Şekerbank, tarım arazilerinin miras yoluyla bölünerek küçülmesi nedeniyle geliri azalan ve tarlasını bırakıp kente göç eden çiftçiler toprağını bırakıp gitmesin diye ‘Aile Çiftçiliği Bankacılığı’nı başlattı. ‘Sen bırakıp gitme diye’ sloganıyla başlatılan ‘Aile Çiftçiliği Bankacılığı’nın toplantısı bugün Çırağan Sarayı’nda Şekerbank Genel Müdürü Halit Yıldız ve Şekerbank Genel Müdür Yardımcısı Gökhan Ertürk’ün ev sahipliğinde gerçekleşti.
Halit Yıldız: “Kuruluş amacı tarımı desteklemek olan tek özel bankayız”
Şekerbank Genel Müdürü Halit Yıldız, bankanın 61 yıl önce, Anadolu’da sayıları yüz binleri bulan pancar çiftçilerinin küçük birikimleriyle tarımı ve şeker sanayini desteklemek için kurulduğunu anımsattı. “Şekerbank’ın kuruluşundaki asıl amaç, kırsal gelişime ve yerel üretime dayalı iktisadi kalkınmayı desteklemektir. O dönemde bu amaçla kurulan birçok bankadan bugün hala faaliyetlerini sürdüren ve kuruluş amacı tarımı desteklemek olan tek özel
banka Şekerbank’tır” diyen Yıldız, “Şekerbank, Anadolu çiftçisi emeğinin karşılığını kazanabilsin, tarımsal üretim artsın, çiftçiyle birlikte ailesi ve yöresi de gelişsin diye kuruldu. Bugün de aynı misyonla çalışmalarımıza devam ediyoruz. Tarım, Şekerbank’ın kurum kimliğinde o kadar belirleyici bir unsurdur ki, Şekerbank’ın kurumsal rengi olan yeşil pancar yaprağının yeşili, beyaz ise pancarın beyazıdır” diye konuştu.
“Dünyada 805 milyon kişi yetersiz besleniyor”
Dünya genelinde gıda tüketiminin nüfustan daha hızlı arttığına dikkat çeken Halit Yıldız, tarımın önemine ilişkin bazı veriler paylaştı: “2006-2011 yılları arasında dünyada nüfus artışı yüzde 6 olarak gerçekleşmiş iken, 2012-2025 yılları arasında bu oranın yüzde 16 olması öngörülüyor. Buna karşın, aynı dönemde dünya gıda tüketimi artışının yüzde 11’den yüzde 21’e çıkması bekleniyor. Bugün dünyada 805 milyon kişi yetersiz besleniyor.”
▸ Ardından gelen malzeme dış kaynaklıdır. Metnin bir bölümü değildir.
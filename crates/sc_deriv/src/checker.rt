//! The checker.

ghost use Rattle.std.specs.Prelude.{◌≡◌, ◌≢◌, ℕ, [], ◌↔◌, IfOk};
ghost use Rattle.sc_rules.specs.Steps.{Gives};
ghost use Rattle.sc_terms.specs.Conditions.{IsProblem};
ghost use Rattle.sc_terms.specs.Values.{IsUnsatisfiable};
ghost use Rattle.sc_facts.specs.Facts.{root_facts};
ghost use Rattle.sc_deriv.specs.Acceptance as spec;
ghost use Rattle.sc_deriv.specs.Acceptance.{hypotheses_of, Closed, Fails};
ghost use Rattle.sc_deriv.specs.Spelling.{IsSpelt};
ghost use Rattle.sc_deriv.specs.Judging.{judge, judgement_on, step_outcome, IsOutcome, IsTaken};
ghost use Rattle.sc_deriv.specs.OpenPaths.{first_path};

use crate::derivation::{Closing, Derivation, Judgement, Lemma, Node, Reason, Step};
use crate::laws::{accepts_closed_trees, closed_trees_refute, refuses_first_failure};
use crate::spelling::is_ordered;
use crate::walk::Walk;
use sc_facts::{FactName, Path};
use sc_rules::{Branches, StepError, apply};
use sc_terms::{Memory, Problem, meanings_fit};
use std::alloc::Global;

/// The branches of a step at a path, each with the facts that it concludes. `NotApplicable` comes exactly where the step does not apply on the path. The only other error is want of memory.
pub fn step_branches(
    alloc: Global,
    problem: &Problem,
    path: &Path,
    step: &Step,
) -> Result<Branches, StepError>
    ensures { Gives result (spec.step_branches problem.now path.now.facts step.now) }
{
    let Step::Plain(step) = step;
    apply(alloc, problem, path, step)
}

/// Whether the name is a fact's, which stands on the path with both signs.
pub fn clashes(path: &Path, name: &FactName) -> bool
    ensures { result ≡ spec.clashes path.now.facts name.now }
{
    is_ordered(name) && path.has_named(name, true) && path.has_named(name, false)
}

/// Why a closing does not hold on a path, or nothing where it holds. `lemmas` are those that it may name, in order: `Q2` for a clash of which no two facts stand there.
pub fn closing_fault(lemmas: &[Lemma], path: &Path, closing: &Closing) -> Option<Reason>
    ensures { result ≡ spec.closing_fault (hypotheses_of lemmas.now) path.now.facts closing.now }
{
    let Closing::Clash(name) = closing;
    if clashes(path, name) {
        None
    } else {
        Some(Reason::Q2)
    }
}

/// Takes a step on the current branch, and says why it fails there.
fn take_step(
    alloc: Global,
    problem: &Problem,
    walk: &mut Walk,
    step: &Step,
) -> Result<Option<Reason>, Memory>
    requires { walk.old ≢ [] }
    ensures { IfOk result (IsOutcome (step_outcome (first_path walk.old) (spec.step_branches problem.now (first_path walk.old) step.now)) walk.old walk.new) }
{
    match step_branches(alloc, problem, walk.path(), step) {
        Ok(branches) => {
            walk.branch(branches)?;
            Ok(None)
        }
        Err(StepError::NotApplicable) => Ok(Some(Reason::Q1)),
        Err(StepError::Memory) => Err(Memory),
    }
}

/// Closes the current branch, and says why that fails.
fn take_closing(
    problem: &Problem,
    lemmas: &[Lemma],
    walk: &mut Walk,
    closing: &Closing,
) -> Result<Option<Reason>, Memory>
    requires { walk.old ≢ [] }
    ensures { IfOk result (IsTaken problem.now (hypotheses_of lemmas.now) walk.old (Node.Closing closing.now) walk.new) }
{
    let fault = closing_fault(lemmas, walk.path(), closing);
    if fault.is_none() {
        walk.close()?;
    }
    Ok(fault)
}

/// Takes one node, and says why it fails.
fn take_node(
    alloc: Global,
    problem: &Problem,
    lemmas: &[Lemma],
    walk: &mut Walk,
    node: &Node,
) -> Result<Option<Reason>, Memory>
    requires { walk.old ≢ [] }
    ensures { IfOk result (IsTaken problem.now (hypotheses_of lemmas.now) walk.old node.now walk.new) }
{
    match node {
        Node::Step(step) => take_step(alloc, problem, walk, step),
        Node::Closing(closing) => take_closing(problem, lemmas, walk, closing),
    }
}

/// Takes the nodes in order, up to the first that fails.
fn judge(
    alloc: Global,
    problem: &Problem,
    lemmas: &[Lemma],
    walk: &mut Walk,
    nodes: &[Node],
) -> Result<Judgement, Memory>
    ensures { IfOk result (λ j. j ≡ judge problem.now (hypotheses_of lemmas.now) walk.old nodes.now 0) }
{
    let mut number = 0u64;
    for node in nodes {
        number += 1;
        if walk.is_done() {
            return Ok(Judgement::Refused {
                node: number,
                reason: Reason::P6,
            });
        }
        if let Some(reason) = take_node(alloc, problem, lemmas, walk, node)? {
            return Ok(Judgement::Refused {
                node: number,
                reason,
            });
        }
    }
    if walk.is_done() {
        return Ok(Judgement::Accepted);
    }
    Ok(Judgement::Refused {
        node: number + 1,
        reason: Reason::P5,
    })
}

/// The judgement of the derivation's tree on the root path.
fn judge_roots(
    alloc: Global,
    problem: &Problem,
    derivation: &Derivation,
) -> Result<Judgement, Memory>
    ensures judgement { IfOk result (λ j. j ≡ judgement_on problem.now (hypotheses_of derivation.now.lemmas) (root_facts problem.now.roots) derivation.now.nodes) }
    ensures problem { IsProblem problem.now }
{
    let path = Path::root(alloc, problem)?;
    let mut walk = Walk::new(alloc, path);
    judge(
        alloc,
        problem,
        derivation.lemmas.as_slice(),
        &mut walk,
        derivation.nodes.as_slice(),
    )
}

/// Whether the derivation shows that no interpretation makes the problem's roots true: accepted where each step of its tree applies on its path, and each closing holds on its; else refused at the first node in preorder, counted from 1, that fails, with `Q1` for a step that does not apply and `Q2` for a clash that does not hold. Of the path only what stands behind a fork is put back when the walk returns to the fork. The only error is want of memory.
///
/// The derivation must be one that can be written down, as `is_spelt` says.
pub fn check(alloc: Global, problem: &Problem, derivation: &Derivation) -> Result<Judgement, Memory>
    requires { IsSpelt derivation.now }
    // Accepted exactly where the nodes are a closed tree.
    ensures accepted { IfOk result (λ j. (j ≡ Judgement.Accepted) ↔ Closed problem.now (hypotheses_of derivation.now.lemmas) (root_facts problem.now.roots) derivation.now.nodes) }
    // Refused exactly at the first node that fails, by a step or a closing.
    ensures refused { IfOk result (λ j. (n : ℕ) (reason : Reason) → (j ≡ Judgement.Refused n reason) ↔ Fails problem.now (hypotheses_of derivation.now.lemmas) (root_facts problem.now.roots) derivation.now.nodes n reason) }
    // Where it is accepted, no interpretation makes the roots true.
    ensures sound { IfOk result (λ j. j ≡ Judgement.Accepted → IsUnsatisfiable problem.now) }
{
    accepts_closed_trees();
    refuses_first_failure();
    closed_trees_refute();
    meanings_fit();
    judge_roots(alloc, problem, derivation)
}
Uluslararası kuruluşların, hükümetlerin ve sivil toplum kuruluşlarının bu sorunlara çözüm bulmaya çalıştığını ancak dünyada çiftçi sayısının giderek azaldığını belirten Yıldız, “Özellikle gelişmekte olan ekonomilerde kırsaldan kente göç son elli yıldır kademeli olarak artıyor” diyerek yerel üretimin ve tarımda sürdürülebilirliğin önemine vurgu yaptı.
Kırsal nüfus azalmaya devam ediyor…
Türkiye’nin tarımsal üretim açısından dünyanın 7’nci, Avrupa’nın ise 1’inci büyük ekonomisine sahip olduğunu ve iklim avantajı, göreceli olarak yeterli toprak ve su kaynağı ile tarımsal üretim için halen kullanılabilecek çok büyük bir potansiyelin bulunduğunu öne süren Yıldız, tüm bu olumlu tabloya rağmen Türkiye’de de dünyanın diğer gelişmekte olan ekonomileri gibi kırsal nüfusun ve tarımsal iş gücünün giderek azaldığını belirtti. Yıldız sözlerini şöyle sürdürdü:
“Ülkemizde 1950 yılında köylerin nüfusu toplam nüfusun yüzde 75’ini oluştururken, 2012 yılında köy nüfusunun toplam nüfus içindeki payı yüzde 22.7’ye geriledi. Tarımla geçimini sağlayan nüfusta da benzer eğilimi görüyoruz. 2002 yılında ülkemizdeki tarımsal istihdam yüzde 33 iken, 2012 yılında yüzde 25 olarak gerçekleşti.”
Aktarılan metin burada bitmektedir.